Major snowstorm blankets Midwest, heads toward New England

530 views
1 min read

 

A major winter storm headed northeast into the U.S. Great Lakes on Friday and threatened New England after blanketing states from Minnesota to Ohio with blinding snow, sleet and freezing rain.


The storm dumped more than a foot of snow in Kansas on Thursday, forcing airports to cancel hundreds of flights and stranding motorists on highways.

Kansas City, Missouri, Mayor Sly James said that about 60 buses were stuck on snowbound streets on Thursday, and even tow trucks were left immobile by the storm.

"It's still an ongoing process to get people off the roads," he told CNN.

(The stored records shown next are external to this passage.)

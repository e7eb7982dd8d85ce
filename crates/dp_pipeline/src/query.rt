ghost use Rattle.std.specs.Prelude.{◌≡◌, IfOk, IfSome, IsSome, codes};
ghost use Rattle.dp_budget.specs.Rules.{fresh, declared};
ghost use Rattle.serde_json.specs.View.{view};
ghost use Rattle.dp_pipeline.specs.Contents.{member_by, has_only};
ghost use Rattle.dp_pipeline.specs.Accepted.{IsLimit};
ghost use Rattle.dp_pipeline.specs.Json.{list_of};
ghost use Rattle.dp_pipeline.specs.Queries.{plan_named, asked_of, ask_of, ask_names, child_budget, budget_of, open_of, open_names, query_of, IsQuery};
ghost use Rattle.dp_pipeline.specs.StageForms.{stage_of};
ghost use Rattle.dp_pipeline.specs.Answers.{Reads};

use crate::faults::QueryFault;
use crate::json::{list, member, parse, text};
use crate::pipeline::Pipeline;
use crate::reading::{count_at, has_only};
use crate::root::rule_from;
use crate::spec::{Spec, spec_from};
use dp_budget::{Budget, Rule};
use dp_chain::Stages;
use dp_count::NoMemory;
use dp_domain::Text;
use serde_json::Value;
use std::alloc::Global;

/// The members of a query that asks.
const ASK_NAMES: [&str; 2] = ["node", "ask"];

/// The members of a query that opens.
const OPEN_NAMES: [&str; 4] = ["node", "open", "distance", "budget"];

/// A query at a node, by the node's number.
#[derive(Debug, Drop)]
pub enum Query {
    /// A release on the node's value.
    Ask {
        /// The node, at most 2^32.
        node: u64,
        /// The release.
        spec: Spec,
    },
    /// A child of the node, whose value is what the stages give.
    Open {
        /// The node, at most 2^32.
        node: u64,
        /// The stages, from first to last.
        stages: Stages,
        /// The distance that is declared for the child, at most 2^32.
        distance: u64,
        /// The child's budget, of which nothing is spent. It is no odometer.
        budget: Budget,
    },
}

/// The query that a line spells, without its line feed, under a pipeline whose columns and plans it may name.
///
/// `Malformed` comes exactly where the line is no JSON text in UTF-8 nested at most 127 deep, or is not of one of the
/// two forms, names a column or a plan that the pipeline does not have, or gives a child no budget within its limits.
#[tactic(auto, unfolding(crate::specs::Queries::query_of))]
pub fn read_query(alloc: Global, pipeline: &Pipeline, bytes: &[u8]) -> Result<Query, QueryFault>
    ensures reads { Reads result (query_of pipeline.now bytes.now) }
    ensures bounded { IfOk result IsQuery }
{
    let Some(value) = parse(alloc, bytes)? else {
        return Err(QueryFault::Malformed);
    };
    if let Some(ask) = ask_from(alloc, pipeline, &value)? {
        return Ok(ask);
    }
    match open_from(alloc, pipeline, &value)? {
        Some(open) => Ok(open),
        None => Err(QueryFault::Malformed),
    }
}

/// `{"node": N, "ask": X}`
#[tactic(auto, unfolding(crate::specs::Queries::ask_of))]
fn ask_from(alloc: Global, pipeline: &Pipeline, value: &Value) -> Result<Option<Query>, NoMemory>
    ensures reads { IfOk result (λ found. found ≡ ask_of pipeline.now (view value.now)) }
    ensures bounded { IfOk result (λ found. IfSome found IsQuery) }
{
    let Some(node) = count_at(value, "node") else {
        return Ok(None);
    };
    let Some(spec) = asked_at(alloc, pipeline, value)? else {
        return Ok(None);
    };
    if !has_ask(value) {
        return Ok(None);
    }
    Ok(Some(Query::Ask { node, spec }))
}

/// The release that is asked for, or the plan that is named.
fn asked_at(alloc: Global, pipeline: &Pipeline, value: &Value) -> Result<Option<Spec>, NoMemory>
    ensures { IfOk result (λ found. found ≡ member_by (asked_of pipeline.now) (codes "ask") (view value.now)) }
{
    match member(value, "ask") {
        Some(asked) => asked_from(alloc, pipeline, asked),
        None => Ok(None),
    }
}

/// A release: the name of a plan stands for its own.
#[tactic(auto, unfolding(crate::specs::Queries::asked_of))]
fn asked_from(alloc: Global, pipeline: &Pipeline, asked: &Value) -> Result<Option<Spec>, NoMemory>
    ensures { IfOk result (λ found. found ≡ asked_of pipeline.now (view asked.now)) }
{
    match text(asked) {
        Some(name) => named(alloc, pipeline, name.as_bytes()),
        None => spec_from(alloc, pipeline.columns().as_slice(), asked),
    }
}

/// A copy of the release of the plan of that name.
fn named(alloc: Global, pipeline: &Pipeline, name: &[u8]) -> Result<Option<Spec>, NoMemory>
    ensures { IfOk result (λ found. found ≡ plan_named pipeline.now.plans name.now) }
{
    match pipeline.plan(name) {
        Some(spec) => Ok(Some(spec.copy(alloc)?)),
        None => Ok(None),
    }
}

/// `{"node": N, "open": LINE, "distance": D, "budget": B}`
#[tactic(auto, unfolding(crate::specs::Queries::open_of))]
fn open_from(alloc: Global, pipeline: &Pipeline, value: &Value) -> Result<Option<Query>, NoMemory>
    ensures reads { IfOk result (λ found. found ≡ open_of pipeline.now (view value.now)) }
    ensures bounded { IfOk result (λ found. IfSome found IsQuery) }
{
    let Some(node) = count_at(value, "node") else {
        return Ok(None);
    };
    let Some(stages) = stages_at(alloc, pipeline.columns().as_slice(), value)? else {
        return Ok(None);
    };
    let Some(distance) = count_at(value, "distance") else {
        return Ok(None);
    };
    let Some(budget) = budget_at(alloc, value)? else {
        return Ok(None);
    };
    if !has_open(value) {
        return Ok(None);
    }
    Ok(Some(Query::Open {
        node,
        stages,
        distance,
        budget,
    }))
}

/// Whether an object has members of an ask's names alone.
fn has_ask(value: &Value) -> bool
    ensures { result ≡ has_only ask_names (view value.now) }
{
    has_only(value, &ASK_NAMES)
}

/// Whether an object has members of an open's names alone.
fn has_open(value: &Value) -> bool
    ensures { result ≡ has_only open_names (view value.now) }
{
    has_only(value, &OPEN_NAMES)
}

/// The stages of a child's line.
fn stages_at(alloc: Global, columns: &[Text], value: &Value) -> Result<Option<Stages>, NoMemory>
    ensures { IfOk result (λ found.
        found ≡ member_by (list_of (stage_of columns.now)) (codes "open") (view value.now)) }
{
    match member(value, "open") {
        Some(line) => list(alloc, columns, line),
        None => Ok(None),
    }
}

/// The budget of a child.
#[tactic(auto, unfolding(crate::specs::Queries::budget_of))]
fn budget_at(alloc: Global, value: &Value) -> Result<Option<Budget>, NoMemory>
    ensures reads { IfOk result (λ found. found ≡ member_by budget_of (codes "budget") (view value.now)) }
    ensures fresh { IfOk result (λ found. IfSome found (λ budget.
        (budget ≡ fresh budget.rule) × IsSome (declared budget.rule))) }
{
    let Some(budget) = member(value, "budget") else {
        return Ok(None);
    };
    match rule_from(alloc, budget)? {
        Some(rule) => Ok(child_budget(rule)),
        None => Ok(None),
    }
}

/// A budget of mids within their limits, or of a limit.
fn child_budget(rule: Rule) -> Option<Budget>
    requires { IsLimit rule }
    ensures reads { result ≡ child_budget rule }
    ensures fresh { IfSome result (λ budget. (budget ≡ fresh budget.rule) × IsSome (declared budget.rule)) }
{
    match rule {
        Rule::Compositor(mids) => Budget::compositor(mids).ok(),
        Rule::Filter(limit) => Some(Budget::filter(limit)),
        Rule::Odometer => None,
    }
}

About 570 flights were canceled on Friday, with 127 of them at Chicago's O'Hare airport. Kansas City International Airport reopened after being closed on Thursday while crews cleared runways.

The National Weather Service said the storm would move northeast into the upper Great Lakes over the next several days.

Sleet and freezing rain was possible in the Appalachians and mid-Atlantic states, with thunderstorms expected on the storm's southern fringe in the southeastern United States, it said.

The storm is expected to reach the East Coast this weekend, delivering heavy snow to parts of New England for a third straight weekend, from northern Connecticut to southern Maine.